(Records for this task Opens)
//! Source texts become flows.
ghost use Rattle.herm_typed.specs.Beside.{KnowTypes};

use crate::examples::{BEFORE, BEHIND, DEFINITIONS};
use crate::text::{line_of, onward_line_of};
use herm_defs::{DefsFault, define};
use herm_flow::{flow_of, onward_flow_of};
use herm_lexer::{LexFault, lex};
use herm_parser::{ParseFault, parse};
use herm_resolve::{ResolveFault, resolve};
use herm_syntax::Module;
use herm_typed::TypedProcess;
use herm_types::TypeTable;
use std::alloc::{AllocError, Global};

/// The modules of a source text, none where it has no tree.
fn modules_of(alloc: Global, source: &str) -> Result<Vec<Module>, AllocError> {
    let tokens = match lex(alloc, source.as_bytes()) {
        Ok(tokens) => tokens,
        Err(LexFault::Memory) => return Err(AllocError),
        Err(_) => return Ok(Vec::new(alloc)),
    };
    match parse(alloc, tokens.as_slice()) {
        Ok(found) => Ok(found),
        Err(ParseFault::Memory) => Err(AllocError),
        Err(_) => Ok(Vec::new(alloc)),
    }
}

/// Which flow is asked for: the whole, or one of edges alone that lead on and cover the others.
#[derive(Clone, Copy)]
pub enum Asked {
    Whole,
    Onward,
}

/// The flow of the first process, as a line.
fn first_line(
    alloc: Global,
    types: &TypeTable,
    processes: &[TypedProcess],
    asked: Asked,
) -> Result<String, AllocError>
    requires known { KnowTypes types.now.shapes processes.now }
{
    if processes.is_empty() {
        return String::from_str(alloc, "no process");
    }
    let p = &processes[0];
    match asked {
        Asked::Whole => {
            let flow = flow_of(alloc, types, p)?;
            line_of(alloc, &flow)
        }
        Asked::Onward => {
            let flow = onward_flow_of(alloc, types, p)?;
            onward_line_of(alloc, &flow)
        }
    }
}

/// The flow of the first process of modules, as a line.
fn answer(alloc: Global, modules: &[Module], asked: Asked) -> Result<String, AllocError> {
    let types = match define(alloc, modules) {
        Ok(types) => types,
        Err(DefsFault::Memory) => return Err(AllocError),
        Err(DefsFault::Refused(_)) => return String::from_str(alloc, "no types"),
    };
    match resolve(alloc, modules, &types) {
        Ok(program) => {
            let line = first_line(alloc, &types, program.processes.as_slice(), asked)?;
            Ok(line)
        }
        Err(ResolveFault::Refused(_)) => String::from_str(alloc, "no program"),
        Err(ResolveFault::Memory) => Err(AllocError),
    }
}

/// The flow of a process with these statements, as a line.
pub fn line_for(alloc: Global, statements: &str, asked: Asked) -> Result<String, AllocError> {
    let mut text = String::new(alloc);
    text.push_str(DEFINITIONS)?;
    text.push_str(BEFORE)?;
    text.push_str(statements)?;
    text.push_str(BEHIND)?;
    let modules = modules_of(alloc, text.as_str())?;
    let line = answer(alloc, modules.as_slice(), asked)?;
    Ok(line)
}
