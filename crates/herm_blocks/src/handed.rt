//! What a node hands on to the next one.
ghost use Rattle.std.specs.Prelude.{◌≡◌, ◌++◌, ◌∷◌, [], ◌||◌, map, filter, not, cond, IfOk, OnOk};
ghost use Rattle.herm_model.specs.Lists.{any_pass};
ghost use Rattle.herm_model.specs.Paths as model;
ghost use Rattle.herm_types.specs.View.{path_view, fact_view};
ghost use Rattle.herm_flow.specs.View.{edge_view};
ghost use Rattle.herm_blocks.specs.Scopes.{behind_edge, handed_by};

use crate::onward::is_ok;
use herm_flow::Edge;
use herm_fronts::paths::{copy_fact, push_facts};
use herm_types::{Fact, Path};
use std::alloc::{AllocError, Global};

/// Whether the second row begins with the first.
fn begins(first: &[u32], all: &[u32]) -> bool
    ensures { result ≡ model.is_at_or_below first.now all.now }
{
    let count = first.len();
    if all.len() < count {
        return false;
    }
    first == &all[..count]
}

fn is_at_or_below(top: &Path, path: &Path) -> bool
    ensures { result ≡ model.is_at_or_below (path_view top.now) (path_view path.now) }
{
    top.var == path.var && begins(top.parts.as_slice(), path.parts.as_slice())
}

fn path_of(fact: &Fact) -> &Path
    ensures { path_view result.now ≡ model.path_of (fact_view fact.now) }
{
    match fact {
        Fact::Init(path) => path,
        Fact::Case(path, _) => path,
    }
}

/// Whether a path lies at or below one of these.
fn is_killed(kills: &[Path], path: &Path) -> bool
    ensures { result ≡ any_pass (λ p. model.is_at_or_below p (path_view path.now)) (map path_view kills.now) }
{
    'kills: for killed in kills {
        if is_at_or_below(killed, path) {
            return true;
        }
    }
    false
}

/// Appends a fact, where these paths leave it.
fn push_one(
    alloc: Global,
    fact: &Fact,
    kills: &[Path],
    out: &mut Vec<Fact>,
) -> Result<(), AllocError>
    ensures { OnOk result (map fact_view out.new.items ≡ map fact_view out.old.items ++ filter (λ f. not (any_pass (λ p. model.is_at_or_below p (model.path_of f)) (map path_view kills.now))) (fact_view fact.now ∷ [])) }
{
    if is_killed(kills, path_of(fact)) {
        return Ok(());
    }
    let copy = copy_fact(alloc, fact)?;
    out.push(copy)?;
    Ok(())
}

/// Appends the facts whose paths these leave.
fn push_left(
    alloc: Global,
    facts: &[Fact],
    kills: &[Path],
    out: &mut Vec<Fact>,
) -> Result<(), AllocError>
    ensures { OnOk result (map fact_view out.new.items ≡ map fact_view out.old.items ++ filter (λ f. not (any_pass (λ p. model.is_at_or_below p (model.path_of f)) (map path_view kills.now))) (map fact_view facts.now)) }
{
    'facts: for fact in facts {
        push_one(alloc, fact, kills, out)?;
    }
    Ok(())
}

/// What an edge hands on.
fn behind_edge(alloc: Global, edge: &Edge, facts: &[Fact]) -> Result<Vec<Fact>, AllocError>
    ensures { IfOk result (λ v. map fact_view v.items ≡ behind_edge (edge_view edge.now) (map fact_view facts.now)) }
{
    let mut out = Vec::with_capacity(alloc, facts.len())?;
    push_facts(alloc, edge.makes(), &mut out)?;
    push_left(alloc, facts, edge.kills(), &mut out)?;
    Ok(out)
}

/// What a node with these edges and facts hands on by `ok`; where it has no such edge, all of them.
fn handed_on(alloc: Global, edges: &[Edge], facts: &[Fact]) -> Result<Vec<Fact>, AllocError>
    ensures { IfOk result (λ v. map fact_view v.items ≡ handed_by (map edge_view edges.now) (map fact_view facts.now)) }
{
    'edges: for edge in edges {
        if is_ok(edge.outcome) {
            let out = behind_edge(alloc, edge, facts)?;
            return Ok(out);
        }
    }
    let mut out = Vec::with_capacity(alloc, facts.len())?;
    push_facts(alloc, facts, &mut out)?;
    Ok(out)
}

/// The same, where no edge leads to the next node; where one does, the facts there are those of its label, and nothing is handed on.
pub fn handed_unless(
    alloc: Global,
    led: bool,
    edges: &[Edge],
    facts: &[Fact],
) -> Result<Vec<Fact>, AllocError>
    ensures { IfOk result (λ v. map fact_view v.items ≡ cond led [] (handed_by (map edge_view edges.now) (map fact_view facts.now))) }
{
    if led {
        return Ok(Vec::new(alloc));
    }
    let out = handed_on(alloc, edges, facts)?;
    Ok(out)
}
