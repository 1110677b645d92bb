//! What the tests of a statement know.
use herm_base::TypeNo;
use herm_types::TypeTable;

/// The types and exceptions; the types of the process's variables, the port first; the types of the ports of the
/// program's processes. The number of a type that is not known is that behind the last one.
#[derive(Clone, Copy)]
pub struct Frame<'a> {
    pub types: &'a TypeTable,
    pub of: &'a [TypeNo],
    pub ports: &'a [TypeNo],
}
(Records for this task Closes)
◆ Exercise requirements: Return each line above where the word "next" shows up.

◆ Exercise result:
//! What a node hands on to the next one.
/// The same, where no edge leads to the next node; where one does, the facts there are those of its label, and nothing is handed on.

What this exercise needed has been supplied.